- **Task requirements**
Determine how many lines in the entries below hold "specs". Respond with that number only.

(Data for analysis Opens)

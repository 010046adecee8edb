// Numbers by name, found by a hash.
ghost use Rattle.std.specs.Prelude.{◌≡◌, ◌<◌, ℕ, List, OnOk, OnErr, if◌then◌else◌};
ghost use Rattle.c_terms.specs.Same.{same_bytes};
ghost use Rattle.c_typing.specs.Numbers.{no_numbers, number_of};

use c_terms::NoMemory;
use indexmap::IndexSet;
use std::alloc::Global;
use std::marker::Model;

/// Numbers by name. A name that was given none has 0.
#[derive(Drop)]
pub(crate) struct Numbers {
    names: IndexSet<Vec<u8>>,
    numbers: Vec<usize>,
}

impl Model for Numbers {
    ghost use Rattle.std.specs.Prelude.{◌≡◌, map, length};
    ghost use Rattle.c_typing.specs.Numbers.{Numbered};

    ghost Value = { Numbered };

    ghost view = { λ n. record { names = map (λ k. k.items) n.names.keys; numbers = n.numbers.items } };

    ghost invariant = { λ n. length n.numbers.items ≡ length n.names.keys };
}

impl Numbers {
    /// Returns numbers that no name has. Allocates nothing.
    pub(crate) fn new(alloc: Global) -> Numbers
        ensures { result ≡ no_numbers }
    {
        Numbers {
            names: IndexSet::new(alloc),
            numbers: Vec::new(alloc),
        }
    }

    /// Returns the number of a name, or 0 if it has none. One look-up.
    pub(crate) fn get(&self, name: &[u8]) -> usize
        ensures { result ≡ number_of self.now name.now }
    {
        match self.names.get_index_of(name) {
            Some(i) => self.numbers[i],
            None => 0,
        }
    }

    /// Gives a name a number. Two look-ups; linear in the name.
    pub(crate) fn put(&mut self, alloc: Global, name: &[u8], number: usize) -> Result<(), NoMemory>
        ensures ok { OnOk result ((x : List ℕ) → number_of self.new x
            ≡ (if same_bytes x name.now then number else number_of self.old x)) }
        ensures err { OnErr result (self.new ≡ self.old) }
    {
        match self.names.get_index_of(name) {
            Some(i) => {
                self.numbers[i] = number;
                Ok(())
            }
            None => {
                let key = Vec::from_slice(alloc, name)?;
                self.numbers.reserve(1)?;
                self.names.insert(key)?;
                self.numbers.push_reserved(number);
                Ok(())
            }
        }
    }

    /// Gives a name that has a number another one. One look-up; allocates nothing.
    pub(crate) fn set(&mut self, name: &[u8], number: usize)
        requires { 0 < number_of self.old name.now }
        ensures { (x : List ℕ) → number_of self.new x ≡ (if same_bytes x name.now then number else number_of self.old x) }
    {
        match self.names.get_index_of(name) {
            Some(i) => self.numbers[i] = number,
            None => {}
        }
    }
}
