// The types of the expressions of an item.
ghost use Rattle.std.specs.Prelude.{◌≡◌, ◌++◌, IfOk, OnOk};
ghost use Rattle.std.specs.Option.{option_copied};
ghost use Rattle.c_typing.specs.Declarations as declared;
ghost use Rattle.c_typing.specs.Parts as spec;
ghost use Rattle.c_types.specs.Tables.{typed, with_type, with_all, with_ids};
ghost use Rattle.c_typing.specs.ItemTypes.{item_types};

use crate::bindings::Bindings;
use crate::declaration::own_name;
use crate::expression::{branch_type, flat, type_at};
use crate::local::local_names;
use crate::scope::{Scope, push_all, push_rest};
use c_terms::{NoMemory, Token, TokenKind, Tree, is_expression_part};
use c_types::{TreeKey, Ty, TypeTable, copy_type, expression_keys};
use sqlite_items::Items;
use std::alloc::Global;

/// Returns the type of a name, by the last declaration of it: of those in the item, or else of those before the item.
#[tactic(auto, using(crate::proofs::EntryLemmas::last_append))]
fn name_type<'s>(scope: &'s Scope, locals: &'s Bindings, token: &Token) -> Option<&'s Ty>
    ensures { option_copied result ≡ spec.token_type (scope.now.names ++ locals.now) token.now }
{
    if token.kind != TokenKind::Name {
        return None;
    }
    let name = token.text.as_bytes();
    match locals.find(name) {
        Some(ty) => ty.as_ref(),
        None => flat(scope.names.find(name)),
    }
}

/// Returns the type of a child, and appends it if `is_part` is true; then appends the types of the expressions in the child.
#[cycle(types)]
fn put_child(
    alloc: Global,
    scope: &Scope,
    is_part: bool,
    child: &Tree,
    locals: &mut Bindings,
    found: &mut Items<Option<Ty>>,
) -> Result<Option<Ty>, NoMemory>
    ensures own { IfOk result (λ ty. ty ≡ spec.type_of (scope.now.names ++ locals.old) scope.now.fields child.now) }
    ensures parts { OnOk result (found.new ≡ found.old
        ++ spec.child_types is_part (scope.now.names ++ locals.old) scope.now.fields child.now) }
    ensures locals { OnOk result (locals.new ≡ locals.old) }
{
    if is_part {
        let at = found.len();
        found.push(None)?;
        let ty = put_types(alloc, scope, child, locals, found)?;
        found.set(at, copy_type(alloc, ty.as_ref())?);
        Ok(ty)
    } else {
        put_types(alloc, scope, child, locals, found)
    }
}

/// Returns the type of a tree, if it is an expression that has one, and appends for each expression in it, by place, its type
/// or none. `locals` are the names that are declared in the item around the tree. Recurses once per level.
#[cycle(types)]
fn put_types(
    alloc: Global,
    scope: &Scope,
    tree: &Tree,
    locals: &mut Bindings,
    found: &mut Items<Option<Ty>>,
) -> Result<Option<Ty>, NoMemory>
    ensures own { IfOk result (λ ty. ty ≡ spec.type_of (scope.now.names ++ locals.old) scope.now.fields tree.now) }
    ensures parts { OnOk result (found.new ≡ found.old
        ++ spec.part_types (scope.now.names ++ locals.old) scope.now.fields tree.now) }
    ensures locals { OnOk result (locals.new ≡ locals.old) }
{
    match tree {
        Tree::Leaf(token) => copy_type(alloc, name_type(scope, locals, token)),
        Tree::Branch(label, children) => {
            let outer = locals.len();
            let mut types = Vec::new(alloc);
            for (i, child) in children.as_slice().iter().enumerate() {
                let is_part = is_expression_part(*label, i, child);
                types.push(put_child(alloc, scope, is_part, child, locals, found)?)?;
                push_rest(alloc, *label, child, locals)?;
            }
            let ty = branch_type(
                alloc,
                &scope.fields,
                *label,
                children.as_slice(),
                types.as_slice(),
            )?;
            locals.truncate(outer);
            Ok(ty)
        }
    }
}

/// Adds an expression to the table, if it has a type.
fn put_type(
    alloc: Global,
    key: TreeKey,
    ty: Option<&Ty>,
    table: &mut TypeTable,
) -> Result<(), NoMemory>
    ensures { OnOk result (table.new
        ≡ record table.old { trees = with_type table.old.trees key (option_copied ty.entry) }) }
{
    match ty {
        Some(ty) => table.put(key, ty.copy(alloc)?),
        None => Ok(()),
    }
}

/// Adds the expressions that have a type to the table, each with what it is found by.
fn put_typed(
    alloc: Global,
    keys: &[TreeKey],
    types: &[Option<Ty>],
    table: &mut TypeTable,
) -> Result<(), NoMemory>
    ensures { OnOk result (table.new
        ≡ record table.old { trees = with_all table.old.trees (typed keys.now types.now) }) }
{
    for (i, key) in keys.iter().enumerate() {
        put_type(alloc, *key, type_at(types, i), table)?;
    }
    Ok(())
}

/// Adds the ids of local names to the table.
fn put_local_names(ids: &[u64], table: &mut TypeTable) -> Result<(), NoMemory>
    ensures { OnOk result (table.new ≡ record table.old { locals = with_ids table.old.locals ids.now }) }
{
    for id in ids {
        table.put_local(*id)?;
    }
    Ok(())
}

/// Returns for each expression of the item, by place, its type or none.
fn expression_types(
    alloc: Global,
    scope: &Scope,
    item: &Tree,
) -> Result<Items<Option<Ty>>, NoMemory>
    ensures { IfOk result (λ types. types
        ≡ spec.part_types (scope.now.names ++ declared.own_name item.now) scope.now.fields item.now) }
{
    let mut locals = Bindings::new(alloc);
    push_all(alloc, own_name(alloc, item)?, &mut locals)?;
    let mut types = Items::new(alloc);
    let _own = put_types(alloc, scope, item, &mut locals, &mut types)?;
    Ok(types)
}

/// Returns the types of the expressions of the item, and its local names. They are seen with what the scope has, which is to be
/// the items before this one in order.
///
/// Linear in the item and in the types that it returns, with at most three look-ups for each name, one for each member, and
/// eight for each name that the item declares. Names are found by a hash with a fixed seed, so names that are chosen to collide cost
/// more. Recurses once per level of the item.
pub fn annotate(alloc: Global, scope: &Scope, item: &Tree) -> Result<TypeTable, NoMemory>
    ensures types { IfOk result (λ table. table ≡ item_types scope.now item.now) }
{
    let types = expression_types(alloc, scope, item)?;
    let keys = expression_keys(alloc, item)?;
    let mut table = TypeTable::new(alloc);
    put_typed(alloc, keys.as_slice(), types.as_slice(), &mut table)?;
    let ids = local_names(alloc, item)?;
    put_local_names(ids.as_slice(), &mut table)?;
    Ok(table)
}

(Data for analysis Closes)

- **Exercise response**
11